Handling Collisions Using Open Addressing
Paul Ngugi
Posted on July 27, 2024
A collision occurs when two keys are mapped to the same index in a hash table. Generally, there are two ways for handling collisions: open addressing and separate chaining. Open addressing is the process of finding an open location in the hash table in the event of a collision. Open addressing has several variations: linear probing, quadratic probing, and double hashing.
Linear Probing
When a collision occurs during the insertion of an entry to a hash table, linear probing finds the next available location sequentially. For example, if a collision occurs at hashTable[k % N], check whether hashTable[(k+1) % N] is available. If not, check hashTable[(k+2) % N] and so on, until an available cell is found, as shown in Figure below.
When probing reaches the end of the table, it goes back to the beginning of the table. Thus, the hash table is treated as if it were circular.
To search for an entry in the hash table, obtain the index, say k, from the hash function for the key. Check whether hashTable[k % N] contains the entry.
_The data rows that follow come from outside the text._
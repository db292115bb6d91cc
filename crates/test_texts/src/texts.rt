//! Texts: how they are spelled, within which limits, and what is said of one that is rejected.

use crate::cases::text_of;
use crate::lookups::points_of;
use crate::samples::{CLASSES, data_of};
use std::alloc::{AllocError, Global};
use std::test::Fail;
use test_kit::{code_point, halves, holds, same};
use uca_text::{
    Normal, TextFault, canonically_equivalent_texts_are_normalized_alike, normal, occurs_in_order,
};
use uca_values::Data;

/// The code points of a text, each with its class.
fn spelling(alloc: Global, text: &Normal) -> Result<String, AllocError> {
    if text.chars().len() != text.classes().len() {
        return String::from_str(alloc, "not a class for each code point");
    }
    let mut words = String::new(alloc);
    for (point, class) in text.chars().iter().zip(text.classes()) {
        let space = if words.is_empty() { "" } else { " " };
        write!(words, "{space}{:04X}.{class}", u32::from(*point))?;
    }
    Ok(words)
}

/// Texts and what they are spelled as. The second and the third are canonically equivalent, and so are the
/// three after them.
const SPELLED: &str = r"0061 | 0061.0
00E1 | 0061.0 0301.230
0061 0301 | 0061.0 0301.230
0061 0323 0301 0062 | 0061.0 0323.220 0301.230 0062.0
0061 0301 0323 0062 | 0061.0 0323.220 0301.230 0062.0
1EA1 0301 0062 | 0061.0 0323.220 0301.230 0062.0
 | ";

/// The spelling of a text on its own.
fn new_spelling(alloc: Global, data: &Data, text: &str) -> Result<String, Fail> {
    let text = normal(alloc, text, data)?;
    let found = spelling(alloc, &text);
    drop(text);
    Ok(found?)
}

/// A text has this spelling, on its own and when it replaces another.
fn check_spelling(
    alloc: Global,
    data: &Data,
    renewed: &mut Normal,
    case: &str,
) -> Result<(), Fail> {
    let (points, wanted) = halves(case)?;
    let text = text_of(alloc, points)?;
    same(&new_spelling(alloc, data, &text)?, wanted, case)?;
    renewed.renew(&text, data)?;
    same(&spelling(alloc, renewed)?, wanted, case)
}

fn check_spellings(alloc: Global, data: &Data, renewed: &mut Normal) -> Result<(), Fail> {
    same(&spelling(alloc, renewed)?, "", "new")?;
    for case in SPELLED.lines() {
        check_spelling(alloc, data, renewed, case)?;
    }
    Ok(())
}

/// What is done with a text that was made for it.
#[derive(Clone, Copy)]
enum Trial {
    Spelled,
    Refused,
    Copied,
    Printed,
}

fn check_text(alloc: Global, data: &Data, text: &mut Normal, trial: Trial) -> Result<(), Fail> {
    match trial {
        Trial::Spelled => check_spellings(alloc, data, text),
        Trial::Refused => check_refused(alloc, data, text),
        Trial::Copied => check_copy(alloc, data, text),
        Trial::Printed => check_printed(alloc, data, text),
    }
}

fn check_over(alloc: Global, data: &Data, trial: Trial) -> Result<(), Fail> {
    let mut text = Normal::new(alloc);
    let checked = check_text(alloc, data, &mut text, trial);
    drop(text);
    checked
}

/// Makes a text, and lends it to what is done with it.
fn check_new(alloc: Global, trial: Trial) -> Result<(), Fail> {
    let data = data_of(alloc, CLASSES)?;
    let checked = check_over(alloc, &data, trial);
    drop(data);
    checked
}

#[test]
fn spells_texts(rt: HostRuntime) -> Result<(), Fail> {
    canonically_equivalent_texts_are_normalized_alike();
    check_new(rt.alloc(), Trial::Spelled)
}

/// A text that is rejected is empty afterwards, and can take another.
fn check_refused(alloc: Global, data: &Data, text: &mut Normal) -> Result<(), Fail> {
    text.renew("b", data)?;
    let marks = with_repeated(alloc, "ab", '\u{301}', 65)?;
    holds(
        text.renew(&marks, data) == Err(TextFault::LongRun(2)),
        "refused",
    )?;
    same(&spelling(alloc, text)?, "", "refused")?;
    text.renew("\u{e1}", data)?;
    same(&spelling(alloc, text)?, "0061.0 0301.230", "taken")
}

#[test]
fn takes_texts_after_a_refused_one(rt: HostRuntime) -> Result<(), Fail> {
    check_new(rt.alloc(), Trial::Refused)
}

/// How a copy of a text is spelled after the text is renewed.
fn copied(alloc: Global, data: &Data, text: &mut Normal) -> Result<String, Fail> {
    let copy = text.clone()?;
    let is_renewed = text.renew("\u{323}", data).is_ok();
    let found = spelling(alloc, &copy);
    drop(copy);
    holds(is_renewed, "renewed")?;
    Ok(found?)
}

/// A copy of a text stays as it is if the text is renewed.
fn check_copy(alloc: Global, data: &Data, text: &mut Normal) -> Result<(), Fail> {
    text.renew("\u{e1}b", data)?;
    let found = copied(alloc, data, text)?;
    same(&found, "0061.0 0301.230 0062.0", "copied")?;
    same(&spelling(alloc, text)?, "0323.220", "renewed")
}

#[test]
fn a_copy_stays_as_it_is(rt: HostRuntime) -> Result<(), Fail> {
    check_new(rt.alloc(), Trial::Copied)
}

/// The code points that a text had are left in spare memory, and not printed.
fn check_printed(alloc: Global, data: &Data, text: &mut Normal) -> Result<(), Fail> {
    text.renew("\u{e1}", data)?;
    text.renew("ab", data)?;
    let wanted = "Normal { chars: ['a', 'b'], classes: [0, 0] }";
    same(&format!(in alloc; "{text:?}")?, wanted, "printed")
}

#[test]
fn prints_texts_without_spare_memory(rt: HostRuntime) -> Result<(), Fail> {
    check_new(rt.alloc(), Trial::Printed)
}

/// A text, and then a character this many times.
fn with_repeated(
    alloc: Global,
    start: &str,
    last: char,
    count: usize,
) -> Result<String, AllocError> {
    let mut text = String::from_str(alloc, start)?;
    for _ in 0..count {
        text.push(last)?;
    }
    Ok(text)
}

/// How many code points a text has, or why it is rejected.
fn said(alloc: Global, text: &str, data: &Data) -> Result<String, Fail> {
    match normal(alloc, text, data) {
        Err(fault) if fault != TextFault::Memory => Ok(format!(in alloc; "{fault}")?),
        found => {
            let count = found?.chars().len();
            Ok(format!(in alloc; "{count}")?)
        }
    }
}

/// A text, and then a character as often as is written after it.
fn text_with_last(alloc: Global, start: &str, last: &str) -> Result<String, Fail> {
    let (last, count) = last.split_once(" x ").ok_or("no count")?;
    let (last, count) = (code_point(last)?, count.parse()?);
    let start = text_of(alloc, start)?;
    Ok(with_repeated(alloc, &start, last, count)?)
}

/// The start of a text, the character that follows it and how often, and what is said of the text.
fn check_limit(alloc: Global, data: &Data, case: &str) -> Result<(), Fail> {
    let (start, rest) = halves(case)?;
    let (last, wanted) = halves(rest)?;
    let text = text_with_last(alloc, start, last)?;
    same(&said(alloc, &text, data)?, wanted, case)
}

fn check_limits_over(alloc: Global, data: &Data, cases: &str) -> Result<(), Fail> {
    for case in cases.lines() {
        check_limit(alloc, data, case)?;
    }
    Ok(())
}

fn check_limits(alloc: Global, cases: &str) -> Result<(), Fail> {
    let data = data_of(alloc, CLASSES)?;
    let checked = check_limits_over(alloc, &data, cases);
    drop(data);
    checked
}

const RUNS: &str = r"0061 | 0301 x 64 | 65
0061 | 0301 x 65 | LongRun at 1
 | 0301 x 64 | 64
 | 0301 x 65 | LongRun at 0
00E1 | 0301 x 63 | 65
00E1 | 0301 x 64 | LongRun at 1
0061 0301 0062 0301 | 0323 x 63 | 67
0061 0301 0062 0301 | 0323 x 70 | LongRun at 3";

#[test]
fn limits_runs_of_non_starters(rt: HostRuntime) -> Result<(), Fail> {
    check_limits(rt.alloc(), RUNS)
}

const LENGTHS: &str = r" | 0061 x 1048576 | 1048576
 | 0061 x 1048577 | TooLong
 | 00E1 x 524288 | 1048576
 | 00E1 x 524289 | TooLong
 | 0301 x 1048577 | TooLong";

#[test]
fn limits_lengths(rt: HostRuntime) -> Result<(), Fail> {
    check_limits(rt.alloc(), LENGTHS)
}

#[test]
fn prints_memory(rt: HostRuntime) -> Result<(), Fail> {
    let printed = format!(in rt.alloc(); "{}", TextFault::Memory)?;
    same(&printed, "Memory", "the text")
}

/// Parts, texts, and whether the part occurs in order in the text.
const OCCURRING: &str = r"0061 0063 | 0061 0062 0063 | occurs
0062 0061 | 0061 0062 0061 0062 | occurs
0063 0061 | 0061 0062 0063 | does not
0061 0061 | 0061 0062 | does not
0061 |  | does not
 |  | occurs";

/// A part, a text, and whether the part occurs.
fn check_occurring(alloc: Global, case: &str) -> Result<(), Fail> {
    let (part, rest) = halves(case)?;
    let (text, wanted) = halves(rest)?;
    let found = if occurs_in_order(&points_of(alloc, part)?, &points_of(alloc, text)?) {
        "occurs"
    } else {
        "does not"
    };
    same(found, wanted, case)
}

#[test]
fn finds_parts_in_order(rt: HostRuntime) -> Result<(), Fail> {
    for case in OCCURRING.lines() {
        check_occurring(rt.alloc(), case)?;
    }
    Ok(())
}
If not, check whether hashTable[(k+1) % N] contains the entry, and so on, until it is found, or an empty cell is reached.
To remove an entry from the hash table, search the entry that matches the key. If the entry is found, place a special marker to denote that the entry is available. Each cell in the hash table has three possible states: occupied, marked, or empty. Note that a marked cell is also available for insertion.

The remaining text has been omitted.